But I do fish Biloxi Bay a couple of times a year...


----------



## The LaJess II (Oct 3, 2007)

I will put it together tomorrow. It's been al long day. It was all about Charter and no Rec . I will make a statement tomorrow.


----------



## ssrs69camaro (Aug 9, 2014)

I got there late,about 6:00,so I didn't get my name in the hat to be able to speak.I stayed until 7:30 and my blood pressure was getting too high I had to leave.I think I was the only rec fisherman there as everyone that spoke seemed to have multible charter boats.They were from Texas to Florida.About 90% wanted sector separation.I realize the charter boats have to make a living and that is fine,but the fish belong to all of us.If there is a shortage of snapper (bs)then it should be closed to everyone,recs,charter, and commercial.My family enjoys eating them and since I do own a boat I shouldn't have to buy them in a fish market or have to charter a boat.My wife refuses to buy them because we saw first hand how the commercial boats throw the fish in baskets with no ice until they have a chance to gut them.There are more snapper now than we have seen after 30 years of fishing.30 years ago we actually had to catch them on the bottom.We now catch them trolling,drifting, and even on a speck rig trying for spanish.O.K. rant over.


----------



## FishWalton (Jul 22, 2010)

Hmmmm..........where was the CCA at the Biloxi meeting? I thought they were all about recreational fishing? Just asking!


----------



## billin (Oct 14, 2007)

*meeting*

hope you didn't find it shocking that a small business owner in the fishing business would lie.....you think they are bad go try to get a straight answer out of a commercial captain.


----------



## Chet88 (Feb 20, 2008)

billin said:


> hope you didn't find it shocking that a small business owner in the fishing business would lie.....you think they are bad go try to get a straight answer out of a commercial captain.
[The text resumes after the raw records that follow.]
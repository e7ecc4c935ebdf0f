// What a search for the period answers.
#[derive(Clone, Copy, PartialEq, Eq, Debug)]
pub struct Walk {
    // the period, if there is one up to 32,768
    pub period: Option<u16>,
    // the steps made: the period, or 32,768
    pub steps: u16,
}
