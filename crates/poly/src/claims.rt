// Theorems, each the contract of a function.
ghost use Rattle.std.specs.Prelude.{◌≡◌};
ghost use Rattle.poly.specs.Claims.{DivisionStands};

// Each polynomial has one remainder, and long division works it out.
pub fn division_stands() -> u8
    ensures answer { result ≡ 0 }
    ensures division { DivisionStands }
{
    // A number: of () every body is right, and so no wrong one could be told from this.
    0
}
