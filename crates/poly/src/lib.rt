// Polynomials modulo 2: generators, remainders and periods.
#![tactic(auto)]

pub mod claims;
pub mod generator;
pub mod long_division;
pub mod period;
pub mod rules;
pub mod walk;
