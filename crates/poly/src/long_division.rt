// Remainders by long division, bit by bit. (How far up a generator of a lower degree stands, and its low part there, are worked out where they
// are used: a struct of the two would be taken apart again in every line.)
ghost use Rattle.std.specs.Prelude.{◌≡◌, ℕ, ◌*◌, ◌^◌};
ghost use Rattle.poly.specs.Poly.{rem};

use crate::generator::Generator;

// X times r modulo X^32 + low. A mask takes the place of a test: it is all ones where X^32 comes up.
pub fn twice_at_top(low: u32, r: u32) -> u32
    ensures { result ≡ rem 32 low (r * 2) }
{
    (r << 1) ^ (low & 0u32.wrapping_sub(r >> 31))
}

// Long division: the bits of p come in from the highest. A polynomial of a lower degree is its own remainder. The remainder stands at
// the top of 32 bits on the way, and the generator too.
fn divide(generator: Generator, p: u32) -> u32
    ensures { result ≡ rem generator.degree generator.low p }
{
    if u64::from(p) >> generator.degree == 0 {
        return p;
    }
    let up = 32 - generator.degree;
    let low = generator.low << up;
    let mut r = 0;
    for i in 0..32u8 {
        r = twice_at_top(low, r) ^ (((p >> (31 - i)) & 1) << up);
    }
    r >> up
}

impl Generator {
    // The remainder of p × X^k.
    pub fn remainder(self, p: u32, k: u8) -> u32
        ensures { result ≡ rem self.degree self.low (p * 2 ^ k) }
    {
        let up = 32 - self.degree;
        let low = self.low << up;
        let mut r = divide(self, p) << up;
        for _ in 0..k {
            r = twice_at_top(low, r);
        }
        r >> up
    }
}
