// A generator X^degree + low: a degree from 2 to 32, and a low part of a lower degree with a constant term.
ghost use Rattle.std.specs.Prelude.{◌≡◌, ◌%◌, ◌^◌, ◌<◌, ◌≤◌};

#[repr(C)]
#[derive(Clone, Copy, PartialEq, Eq, Debug)]
pub struct Generator {
    pub(crate) degree: u8,
    pub(crate) low: u32,
    ghost ok: { (2 ≤ degree) × (degree ≤ 32) × (low < 2 ^ degree) × (low % 2 ≡ 1) },
}
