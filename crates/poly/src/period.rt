// The period of a generator: the least i from 1 upwards for which X^i leaves 1.
ghost use Rattle.std.specs.Prelude.{◌≡◌, IfOk};
ghost use Rattle.answer.specs.Refusal.{read};
ghost use Rattle.answer.specs.Rules.{by_rules};
ghost use Rattle.poly.specs.Period.{Walked, walk_of};
ghost use Rattle.poly.specs.Rules.{generator_rules};

use crate::generator::Generator;
use crate::long_division::twice_at_top;
use crate::walk::Walk;
use answer::fault::Fault;

// How far the walk looks.
const LIMIT: u16 = 32768;

impl Generator {
    // The period, if there is one up to the limit, and the steps that were made to see that: the powers of X one after the other, at
    // the top of 32 bits, until one leaves 1.
    pub fn period(self) -> Walk
        ensures answer { result ≡ walk_of self.degree self.low }
        ensures least { Walked self.degree self.low 32768 result.period result.steps }
    {
        let up = 32 - self.degree;
        let low = self.low << up;
        let one = 1u32 << up;
        let mut power = one;
        for steps in 1..=LIMIT {
            power = twice_at_top(low, power);
            if power == one {
                return Walk {
                    period: Some(steps),
                    steps,
                };
            }
        }
        Walk {
            period: None,
            steps: LIMIT,
        }
    }
}

// The period of X^degree + low, a generator of degree 2 to 32, as an `Option`, and the steps made.
pub fn period(degree: u8, low: u32) -> Result<Walk, Fault>
    ensures answer { read result ≡ by_rules (generator_rules 2 degree low) (walk_of degree low) }
    ensures least { IfOk result (λ w. Walked degree low 32768 w.period w.steps) }
{
    let generator = Generator::new(degree, low)?;
    Ok(generator.period())
}
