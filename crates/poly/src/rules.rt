// Which degrees and low parts make a generator.
ghost use Rattle.std.specs.Prelude.{◌≡◌};
ghost use Rattle.answer.specs.Rules.{by_rules};
ghost use Rattle.poly.specs.Poly.{terms};
ghost use Rattle.poly.specs.Rules.{generator_rules, pair, seen};

use crate::generator::Generator;
use answer::fault::Fault;

impl Generator {
    // X^degree + low; refused with 12 where the degree is not from 2 to 32, then with 13 where the low part is too long or even.
    pub fn new(degree: u8, low: u32) -> Result<Generator, Fault>
        ensures { seen result ≡ by_rules (generator_rules 2 degree low) (pair degree low) }
    {
        if !(2..=32).contains(&degree) {
            return Err(Fault::EngineDegree);
        }
        if u64::from(low) >> degree != 0 {
            return Err(Fault::EngineLow);
        }
        if low % 2 == 0 {
            return Err(Fault::EngineLow);
        }
        Ok(Generator { degree, low })
    }

    pub fn degree(self) -> u8
        ensures { result ≡ self.degree }
    {
        self.degree
    }

    pub fn low(self) -> u32
        ensures { result ≡ self.low }
    {
        self.low
    }

    // The number of nonzero coefficients.
    pub fn terms(self) -> u32
        ensures { result ≡ terms self.degree self.low }
    {
        1 + self.low.count_ones()
    }
}
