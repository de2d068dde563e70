// The journal for C: the functions of crate journal, by their names in C.
#![tactic(auto)]

ghost use Rattle.journal.specs.Journal.{AppendCut, Appended, RecoverCut, Recovered};

use journal::Outcome;

// Makes the first `budget` stores of appending an answer: what a power cut behind one of them leaves.
#[unsafe(no_mangle)]
pub extern "C" fn lampsickle_journal_append_cut(
    page: &mut [u8],
    answer: &[u8],
    budget: usize,
) -> Outcome
    ensures { AppendCut budget page.old answer.now result page.new }
{
    journal::lampsickle_journal_append_cut(page, answer, budget)
}

// Appends an answer.
#[unsafe(no_mangle)]
pub extern "C" fn lampsickle_journal_append(page: &mut [u8], answer: &[u8]) -> Outcome
    ensures { Appended page.old answer.now result page.new }
{
    journal::lampsickle_journal_append(page, answer)
}

// Makes the first `budget` stores of recovery: what a power cut behind one of them leaves.
#[unsafe(no_mangle)]
pub extern "C" fn lampsickle_journal_recover_cut(page: &mut [u8], budget: usize) -> Outcome
    ensures { RecoverCut budget page.old result page.new }
{
    journal::lampsickle_journal_recover_cut(page, budget)
}

// Keeps the finished entries and clears the rest.
#[unsafe(no_mangle)]
pub extern "C" fn lampsickle_journal_recover(page: &mut [u8]) -> Outcome
    ensures { Recovered page.old result page.new }
{
    journal::lampsickle_journal_recover(page)
}
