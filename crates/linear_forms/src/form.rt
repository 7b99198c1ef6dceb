//! Linear forms.

use logic_terms::Term;
use sqlite_items::Items;

/// A variable with its coefficient.
#[derive(Drop)]
pub struct Part {
    pub coefficient: i128,
    pub variable: Term,
}

/// A constant plus the parts. As a statement it says that this sum is at least 0.
#[derive(Drop)]
pub struct LinearForm {
    pub constant: i128,
    pub parts: Items<Part>,
}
Exactly and why would anyone be surprised the Charter Boat guys outnumbered the Rec anglers? Its their jobs and livelihood. I would hope they would show up in numbers. Still doesn't make their argument correct.


----------



## Gator McKlusky (Oct 8, 2013)

billin said:


> hope you didn't find it shocking that a small business owner in the fishing business would lie.....you think they are bad go try to get a straight answer out of a commercial captain.


Please elaborate.


----------



## Ozeanjager (Feb 2, 2008)

*Try going over their heads...*

I sent this to both the gov and LT gov get as many as you can to be sent.

Dear governor , 
I am one of floridas recreational anglers. Our fishery seems to have been under attack by NOAA and we are not getting a fair shake. We can argue all day about how faulty the data is that these decisions are being based on, but assuming they are correct. We are being dis proportionally regulated. Out of the "total allowable catch " rec anglers are about to have the 9 day season reduced to one. 8 million Florida rec anglers that maintain 65,000 jobs and produce 4.5 billion in revenue ( numbers from Fwc) will be squeezed out by 1500 charter boats and 300 commercial boats with no season, no limits and no territories. Today the 1800 boats. Are very close to having 80 % of the total allowable catch. For a job producer like yourself attacking our portion of the fisheries is not good. For the excellent budget maker like yourself , attacking 4.5 billion of revenue in your state cannot help the bottom line.. For a governor , 8 million voters need a leader. 

Here is the link
http://www.flgov.com/contact-gov-scott/email-the-governor/


----------



## markw4321 (Oct 4, 2007)

The LaJess II said:


> Wow, is all I can say.Some on here need to come clean. You know who I am talking about. You guys need to get the stranscript from Biloxi meeting.


 
please elaborate. thank you.


----------



## panhandleslim (Jan 11, 2013)

Talked to a Charter boat owner, the other day, who told me that 'Sector Separation' is a done deal. Better organization. Consistent talking points. 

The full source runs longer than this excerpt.